What do you see in her? Does she look at you the way I used to? Were you heart strings pulled when both of your fingers accidentally met, like ours used to?
In some ways, she and I are similar. “The writer in me is particular about beginnings and endings”, she said. I guess that answered my longing for closure, which you apparently doesn’t have the capacity to provide.
However, in other ways she is similar to you. The latent activists within both of you could easily ignite a spark, that lasts for a long time. A void which I doubt I would be able to fill...
I saw how you look at her a couple of months ago, that’s how I knew. Those were the gazes that you used to give me. Moments when you could not even restrain yourself from smiling, when you were near me.

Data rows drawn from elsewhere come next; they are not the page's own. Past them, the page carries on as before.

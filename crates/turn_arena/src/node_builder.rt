//! Making a value whose parts are put into an arena.

ghost use Rattle.std.specs.Prelude.{map};
ghost use Rattle.turn_arena.specs.NodeValue.{node_value, field_value};

use crate::node::{Field, Node};
use bumpalo::Bump;
use bumpalo::collections::into_bump_slice;
use request_codec::Builder;
use std::alloc::AllocError;

/// Makes a `Node` in an arena.
#[derive(Clone, Copy)]
pub struct NodeBuilder<'a> {
    pub bump: &'a Bump,
}

impl<'a> Builder for NodeBuilder<'a> {
    type Made = Node<'a>;

    type Items = Vec<Node<'a>, &'a Bump>;

    type Fields = Vec<Field<'a>, &'a Bump>;

    ghost made = { node_value };

    ghost listed = { λ v. map node_value v.items };

    ghost named = { λ v. map field_value v.items };

    fn null(&self) -> Node<'a> {
        Node::Null
    }

    fn truth(&self, truth: bool) -> Node<'a> {
        Node::Bool(truth)
    }

    fn integer(&self, number: i64) -> Node<'a> {
        Node::Int(number)
    }

    fn text(&self, text: &str) -> Result<Node<'a>, AllocError> {
        Ok(Node::Text(self.bump.try_alloc_str(text)?))
    }

    fn bytes(&self, bytes: &[u8]) -> Result<Node<'a>, AllocError> {
        Ok(Node::Bytes(self.bump.try_alloc_slice_copy(bytes)?))
    }

    fn no_items(&self) -> Vec<Node<'a>, &'a Bump> {
        Vec::new(self.bump)
    }

    fn push(&self, items: &mut Vec<Node<'a>, &'a Bump>, item: Node<'a>) -> Result<(), AllocError> {
        Ok(items.push(item)?)
    }

    fn list(&self, items: Vec<Node<'a>, &'a Bump>) -> Node<'a> {
        Node::List(into_bump_slice(items))
    }

    fn no_fields(&self) -> Vec<Field<'a>, &'a Bump> {
        Vec::new(self.bump)
    }

    fn add(
        &self,
        fields: &mut Vec<Field<'a>, &'a Bump>,
        name: &str,
        field: Node<'a>,
    ) -> Result<(), AllocError> {
        let name = self.bump.try_alloc_str(name)?;
        Ok(fields.push(Field { name, node: field })?)
    }

    fn map(&self, fields: Vec<Field<'a>, &'a Bump>) -> Node<'a> {
        Node::Map(into_bump_slice(fields))
    }
}
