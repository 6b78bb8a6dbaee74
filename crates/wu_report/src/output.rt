//! Text on its way to a writer, in pieces that take no memory.

ghost use Rattle.std.specs.Prelude.{◌≤◌, [], ◌∷◌, flat_map, IsOkUnless};
ghost use Rattle.std.specs.Fmt.{decimal};
ghost use Rattle.std.specs.Io.KnownBytes.{Keeps};
ghost use Rattle.hex.specs.Hex.{encode_lower};
ghost use Rattle.wu_core.specs.Limits.{last_deadline};
ghost use Rattle.wu_core.specs.declared.fault.Fault.TheVariants.{Output};
ghost use Rattle.wu_report.specs.Texts.{moment_text};
ghost use Rattle.wu_report.specs.Writing.{piece_text, Prints};

use hex::encode_to_slice;
use itoa::Buffer;
use jiff::Timestamp;
use jiff::fmt::temporal::DateTimePrinter;
use std::io::Write;
use wu_core::{Deadline, Fault, Moment};

/// What is printed: its text, and how it is written.
pub trait Printed {
    ghost use Rattle.std.specs.Prelude.{ℕ, List};
    ghost use Rattle.wu_report.specs.Writing.{Prints};

    /// The text, with the ends of its lines.
    ghost text: { Self → List ℕ };

    /// Writes the text. The only fault is `Output`, where some bytes of it did not go out.
    fn write<W: Write>(&self, out: &mut W) -> Result<(), Fault>
        // With Ok exactly the text is written. Else the fault is `Output`, and a part of it is missing.
        ensures { Prints W.contents out.old out.new (text self.now) result };
}

/// A piece of a line.
#[derive(Drop)]
pub enum Piece<'a> {
    Text(&'a str),
    /// In decimal, without leading zeros.
    Number(u64),
    /// The number, or `-`.
    Place(Option<u32>),
    /// As `YYYY-MM-DDTHH:MM:SSZ`, or `-`.
    When(Option<Moment>),
    /// As a moment is.
    Due(Option<Deadline>),
    /// In hex, two lower-case digits a byte.
    Hex(&'a [u8]),
}

/// Writes all bytes. A fault, or a `write` that takes no byte, is `Output`: then some bytes were not written.
///
/// `write_all` does not say what it wrote before it failed; this says that it was a prefix of the bytes.
fn write_bytes<W: Write>(out: &mut W, bytes: &[u8]) -> Result<(), Fault>
    ensures { Prints W.contents out.old out.new bytes.now result }
{
    let mut rest = bytes;
    while !rest.is_empty() {
        match out.write(rest) {
            Ok(0) => return Err(Fault::Output),
            Ok(count) => rest = &rest[count..],
            Err(_) => return Err(Fault::Output),
        }
    }
    Ok(())
}

/// Writes the number in decimal, without leading zeros.
fn write_number<W: Write>(out: &mut W, number: u64) -> Result<(), Fault>
    ensures { Prints W.contents out.old out.new (decimal number) result }
{
    let mut digits = Buffer::new();
    write_bytes(out, digits.format(number).as_bytes())
}

/// Writes the date and the time so many seconds after the start of 1970, in UTC. It takes what a deadline may be.
fn write_seconds<W: Write>(out: &mut W, seconds: u64) -> Result<(), Fault>
    requires { seconds ≤ last_deadline }
    ensures { Prints W.contents out.old out.new (moment_text seconds) result }
{
    let Ok(timestamp) = Timestamp::from_second(seconds as i64) else {
        unreachable!()
    };
    let text = DateTimePrinter::new().timestamp_text(timestamp.to_plain());
    write_bytes(out, text.as_str().as_bytes())
}

/// Writes the two digits of a byte.
fn write_hex_byte<W: Write>(out: &mut W, byte: u8) -> Result<(), Fault>
    ensures { Prints W.contents out.old out.new (encode_lower (byte ∷ [])) result }
{
    let mut digits = [0; 2];
    let Ok(()) = encode_to_slice([byte], &mut digits) else {
        unreachable!()
    };
    write_bytes(out, &digits)
}

/// Writes the digits of each byte.
fn write_hex<W: Write>(out: &mut W, bytes: &[u8]) -> Result<(), Fault>
    ensures { Prints W.contents out.old out.new (encode_lower bytes.now) result }
{
    for byte in bytes {
        write_hex_byte(out, *byte)?;
    }
    Ok(())
}

impl Printed for Piece<'_> {
    ghost text = { piece_text };

    fn write<W: Write>(&self, out: &mut W) -> Result<(), Fault> {
        match self {
            Piece::Text(text) => write_bytes(out, text.as_bytes()),
            Piece::Number(number) => write_number(out, *number),
            Piece::Place(Some(place)) => write_number(out, u64::from(*place)),
            Piece::When(Some(moment)) => write_seconds(out, moment.seconds()),
            Piece::Due(Some(deadline)) => write_seconds(out, deadline.seconds()),
            Piece::Hex(bytes) => write_hex(out, bytes),
            Piece::Place(None) | Piece::When(None) | Piece::Due(None) => write_bytes(out, b"-"),
        }
    }
}

/// Writes the texts of these in turn, without taking memory.
pub fn write_all<T: Printed, W: Write>(out: &mut W, all: &[T]) -> Result<(), Fault>
    // With Ok exactly the texts are written, one after another. Else the fault is `Output`, and a
    // part of them is missing.
    ensures { Prints W.contents out.old out.new (flat_map T.Printed.text all.now) result }
{
    for one in all {
        one.write(out)?;
    }
    Ok(())
}

/// Writes the pieces in turn, without taking memory.
pub fn write_pieces<W: Write>(out: &mut W, pieces: &[Piece<'_>]) -> Result<(), Fault>
    // With Ok exactly the texts of the pieces are written, one after another. Else the fault is
    // `Output`, and a part of them is missing.
    ensures { Prints W.contents out.old out.new (flat_map piece_text pieces.now) result }
{
    write_all(out, pieces)
}

/// Flushes the writer.
pub fn flush<W: Write>(out: &mut W) -> Result<(), Fault>
    // What was written stays, and nothing is added.
    ensures bytes { Keeps (W.contents out.old) (W.contents out.new) }
    // The only fault is `Output`.
    ensures fault { IsOkUnless result Output }
{
    out.flush().map_err(|_| Fault::Output)
}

My friend said that you’d go to places together and talk until the dead of night. I could not help but wonder, did you bring her to the same places? Would I have encountered both of you, lost at each others gaze, if I were to visit the places you used to take me? Did you have similar discussions? About the future, about marriage, about commitments, about promises, about flowers that grew out of place?
Be careful of contracting diabetes with all that sweet promises,my love.
I guess the thing that hurts me the most is not the fact that you moved on so quickly, almost without a change of breath or the blink of an eye.
Nor it is the fact that you kept all this as a secret from me, alongside other lies that you tell.
But it is the fact that I knew her long before you, and I joked about how nice she is. That you could potentially be with her, at times when i was unavailable. That’s what hurts me the most.
I could not control which words or prayers, that the universe decided to fulfill. It is just dumb luck that those exact words were heard. And since, have became my own personal nightmare every single day.